Finding	Metric	Value
Completely invisible brands	Count	2 of 25 (8%), both startups
Startup vs. enterprise mention gap	Ratio	2.4x (7.1 vs. 17.3 avg mentions)
Engine disagreement on #1 pick	Rate	50% of queries
ChatGPT startup-at-#1 trend	Change	25% to 15% (Wave 1 to Wave 3)
PostHog citation growth	Trajectory	2, 3, 5 (3 consecutive increases)
Beehiiv vs. Mailchimp (newsletter queries)	Engine wins	3 of 5 engines
Third-party citation share	Rate	92.5% of all citation URLs
Grok Reddit citation premium	Multiple	13x vs. other engines
"Alternative to X" incumbent advantage	Rate	87%
Most fragmented category	Category	Project Management (0/4 consensus)
Max citation swing (week-over-week)	Magnitude	48%
Pairwise overlap floor	Range	58-63%, oscillating

This is the Q1 2026 baseline.
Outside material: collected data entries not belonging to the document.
//! The program's output, written from the answers through a buffer of fixed size. It takes no
//! memory.
ghost use Rattle.std.specs.Prelude.{
  ◌≡◌,
  ◌<◌,
  ◌≤◌,
  ◌+◌,
  ◌++◌,
  ℕ,
  [],
  List,
  Some,
  false,
  is_err,
  length,
  map,
  IfErr,
  OnOk,
  slice_get,
  slice_index,
};
ghost use Rattle.std.specs.Io.KnownBytes.{Appends};
ghost use Rattle.std.specs.List.{flat_map};
ghost use Rattle.nb_script.specs.Streams.{AppendsSome};
ghost use Rattle.nb_runner.specs.Output.{AreAnswersOf, HasSaid, all_lines, left, phase_lines};
ghost use Rattle.nb_runner.specs.Text.{answer_line, answer_text, ending_of, entry_line};
ghost use Rattle.nb_runner.specs.Working.{commands_of};

use crate::answers::Answer;
use arrayvec::ArrayVec;
use itoa::Buffer;
use nb_core::{Key, MAX_SEATS, Num};
use nb_script::reader::Phase;
use nb_script::script::Command;
use nb_script::streams::{Failed, Sink, write_all};

/// How many bytes are written at once.
const ROOM: usize = 4096;

/// Bytes that wait to be written.
type Waiting = ArrayVec<u8, ROOM>;

/// Writes the bytes that wait.
fn flush<W: Sink>(writer: &mut W, waiting: &mut Waiting) -> Result<(), Failed>
    requires unfailed { W.failed writer.old ≡ false }
    ensures flushed { HasSaid W.contents W.failed writer.old writer.new waiting.old.items
        waiting.new.items [] result }
    ensures empty { OnOk result (waiting.new.items ≡ []) }
{
    write_all(writer, waiting.as_slice())?;
    waiting.clear();
    Ok(())
}

/// Puts the bytes behind those that wait. Where there is no room, it writes those first.
fn say<W: Sink>(writer: &mut W, waiting: &mut Waiting, bytes: &[u8]) -> Result<(), Failed>
    requires unfailed { W.failed writer.old ≡ false }
    ensures { HasSaid W.contents W.failed writer.old writer.new waiting.old.items
        waiting.new.items bytes.now result }
{
    if waiting.try_extend_from_slice(bytes).is_ok() {
        return Ok(());
    }
    flush(writer, waiting)?;
    match waiting.try_extend_from_slice(bytes) {
        Ok(()) => Ok(()),
        // They are more than the buffer takes.
        Err(_) => write_all(writer, bytes),
    }
}

/// Says the pieces of a line.
fn say_all<W: Sink>(writer: &mut W, waiting: &mut Waiting, pieces: &[&[u8]]) -> Result<(), Failed>
    requires unfailed { W.failed writer.old ≡ false }
    ensures { HasSaid W.contents W.failed writer.old writer.new waiting.old.items
        waiting.new.items (flat_map (λ piece. piece.now) pieces.now) result }
{
    for piece in pieces {
        say(writer, waiting, *piece)?;
    }
    Ok(())
}

/// The text of an answer, whose digits stand in `digits`, if it has any.
fn text_of<'a>(answer: &Answer, digits: &'a mut Buffer) -> &'a [u8]
    ensures { result.now ≡ answer_text answer.now }
{
    match answer {
        Answer::Nothing => b"-",
        Answer::Value(number) => digits.format(number.get()).as_bytes(),
        Answer::Matched(true) => b"true",
        Answer::Matched(false) => b"false",
        Answer::Full => b"full",
        Answer::Range => b"range",
    }
}

/// Says one answer, on a line of its own.
fn say_line<W: Sink>(
    writer: &mut W,
    waiting: &mut Waiting,
    worker: usize,
    answer: &Answer,
) -> Result<(), Failed>
    requires unfailed { W.failed writer.old ≡ false }
    ensures { HasSaid W.contents W.failed writer.old writer.new waiting.old.items
        waiting.new.items (answer_line worker answer.now) result }
{
    let (mut number, mut digits) = (Buffer::new(), Buffer::new());
    let number = number.format(worker as u64).as_bytes();
    let text = text_of(answer, &mut digits);
    say_all(writer, waiting, &[number, b" ", text, b"\n"])
}

/// Says one worker's answers.
fn say_lines<W: Sink>(
    writer: &mut W,
    waiting: &mut Waiting,
    worker: usize,
    answers: &[Answer],
) -> Result<(), Failed>
    requires unfailed { W.failed writer.old ≡ false }
    ensures { HasSaid W.contents W.failed writer.old writer.new waiting.old.items
        waiting.new.items (flat_map (answer_line worker) answers.now) result }
{
    for answer in answers {
        say_line(writer, waiting, worker, answer)?;
    }
    Ok(())
}

/// How many commands of a phase are the worker's.
pub(crate) fn count_of(worker: usize, phase: &[(usize, Command)]) -> usize
    ensures { result ≡ length (commands_of worker phase.now) }
{
    phase.iter().filter(|task| task.0 == worker).count()
}

/// Says the answers of a phase, worker by worker. `done` counts for each worker the answers that
/// were said.
fn say_phase<W: Sink>(
    writer: &mut W,
    waiting: &mut Waiting,
    phase: &[(usize, Command)],
    answers: &[Vec<Answer>],
    done: &mut [usize; MAX_SEATS],
) -> Result<(), Failed>
    requires unfailed { W.failed writer.old ≡ false }
    requires few { length answers.now ≤ MAX_SEATS }
    requires enough { (w : ℕ) (mine : List Answer)
        → slice_get (map (λ list. list.items) answers.now) w ≡ Some mine
        → slice_index done.old w + length (commands_of w phase.now) ≤ length mine }
    ensures said { HasSaid W.contents W.failed writer.old writer.new waiting.old.items
        waiting.new.items
        (phase_lines phase.now 0 (left done.old 0 (map (λ list. list.items) answers.now))) result }
    ensures done { OnOk result ((w : ℕ) → w < length answers.now
        → slice_index done.new w ≡ slice_index done.old w + length (commands_of w phase.now)) }
{
    for (worker, list) in answers.iter().enumerate() {
        let first = done[worker];
        let end = first + count_of(worker, phase);
        say_lines(writer, waiting, worker, &list.as_slice()[first..end])?;
        done[worker] = end;
    }
    Ok(())
}

/// Says the size and the entries.
fn say_ending<W: Sink>(
    writer: &mut W,
    waiting: &mut Waiting,
    size: u64,
    entries: &[(Key, Num)],
) -> Result<(), Failed>
    requires unfailed { W.failed writer.old ≡ false }
    ensures { HasSaid W.contents W.failed writer.old writer.new waiting.old.items
        waiting.new.items (ending_of size entries.now) result }
{
    let mut digits = Buffer::new();
    let size = digits.format(size).as_bytes();
    say_all(writer, waiting, &[b"size ", size, b"\n"])?;
    say_entries(writer, waiting, entries)
}

/// Says the entries, each on a line of its own.
fn say_entries<W: Sink>(
    writer: &mut W,
    waiting: &mut Waiting,
    entries: &[(Key, Num)],
) -> Result<(), Failed>
    requires unfailed { W.failed writer.old ≡ false }
    ensures { HasSaid W.contents W.failed writer.old writer.new waiting.old.items
        waiting.new.items (flat_map entry_line entries.now) result }
{
    let (mut key_digits, mut digits) = (Buffer::new(), Buffer::new());
    for (key, number) in entries {
        let key = key_digits.format(key.get()).as_bytes();
        let number = digits.format(number.get()).as_bytes();
        say_all(writer, waiting, &[key, b" ", number, b"\n"])?;
    }
    Ok(())
}

/// Writes what the commands were answered, phase by phase and in each phase worker by worker, then
/// the size and the entries. Each worker's answers stand in one list, for all phases one after
/// another.
pub(crate) fn tell<W: Sink>(
    writer: &mut W,
    phases: &[Phase],
    answers: &[Vec<Answer>],
    size: u64,
    entries: &[(Key, Num)],
) -> Result<(), Failed>
    requires unfailed { W.failed writer.old ≡ false }
    requires few { length answers.now ≤ MAX_SEATS }
    requires enough { AreAnswersOf (map (λ phase. phase.items) phases.now) 0
        (map (λ list. list.items) answers.now) }
    ensures told { OnOk result (Appends (W.contents writer.old) (W.contents writer.new)
        (all_lines (map (λ phase. phase.items) phases.now) (map (λ list. list.items) answers.now)
        ++ ending_of size entries.now)) }
    ensures begun { IfErr result (λ _. AppendsSome (W.contents writer.old) (W.contents writer.new)
        (all_lines (map (λ phase. phase.items) phases.now) (map (λ list. list.items) answers.now)
        ++ ending_of size entries.now)) }
    ensures marks { W.failed writer.new ≡ is_err result }
{
    let mut waiting = ArrayVec::new();
    let mut done = [0; MAX_SEATS];
    for phase in phases {
        say_phase(writer, &mut waiting, phase.as_slice(), answers, &mut done)?;
    }
    say_ending(writer, &mut waiting, size, entries)?;
    flush(writer, &mut waiting)
}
We will repeat this study quarterly to track whether the startup visibility gap narrows, which engines shift their source preferences, and whether the brands investing in AEO move the needle.

If your startup is not showing up in AI search results today, the data is clear: it will not start showing up on its own. The brands that are gaining ground are the ones treating AI search visibility as an active, measurable, multi-engine discipline.

The FogTrail AEO platform tracks your brand's visibility across all 5 major AI search engines, identifies gaps, and produces verified content to close them. As of March 2026, FogTrail is $499/mo ($399/mo annual) with 100 queries, 5 engines, and 48-hour monitoring cycles.

Frequently Asked Questions

How many brands are completely invisible in AI search?

In our study of 25 B2B SaaS brands, 2 (8%) received zero mentions across all 5 engines, all 20 queries, and all 3 waves. Both are startups with significant funding (Height at $28M+, Loops at $17M+). AI engines do not discover brands organically. If you are not in the retrieval set, you need to get there deliberately.

Which AI engine is most startup-friendly?

No engine recommends startups first in more than 15% of queries by Wave 3. ChatGPT had the highest startup-at-#1 rate in Wave 1 at 25%, but it dropped to 15% by Wave 3. Startup-friendliness across engines is volatile, not systematically rising.

Do "alternative to X" queries help startups get discovered?

Counter to expectations, incumbents appeared as the #1 recommendation in 87% of "alternative to X" queries. The engines interpret "alternative to X" as "something similar to X" and default to established brands with similar feature sets and market positioning.

How much do AI engine recommendations vary between identical runs?

Citation counts swung up to 48% between identical query runs one week apart. ChatGPT and Grok were the most volatile. Claude was the most stable, returning identical citation counts across all three waves. Single snapshots are unreliable; longitudinal, multi-engine tracking is the minimum viable measurement.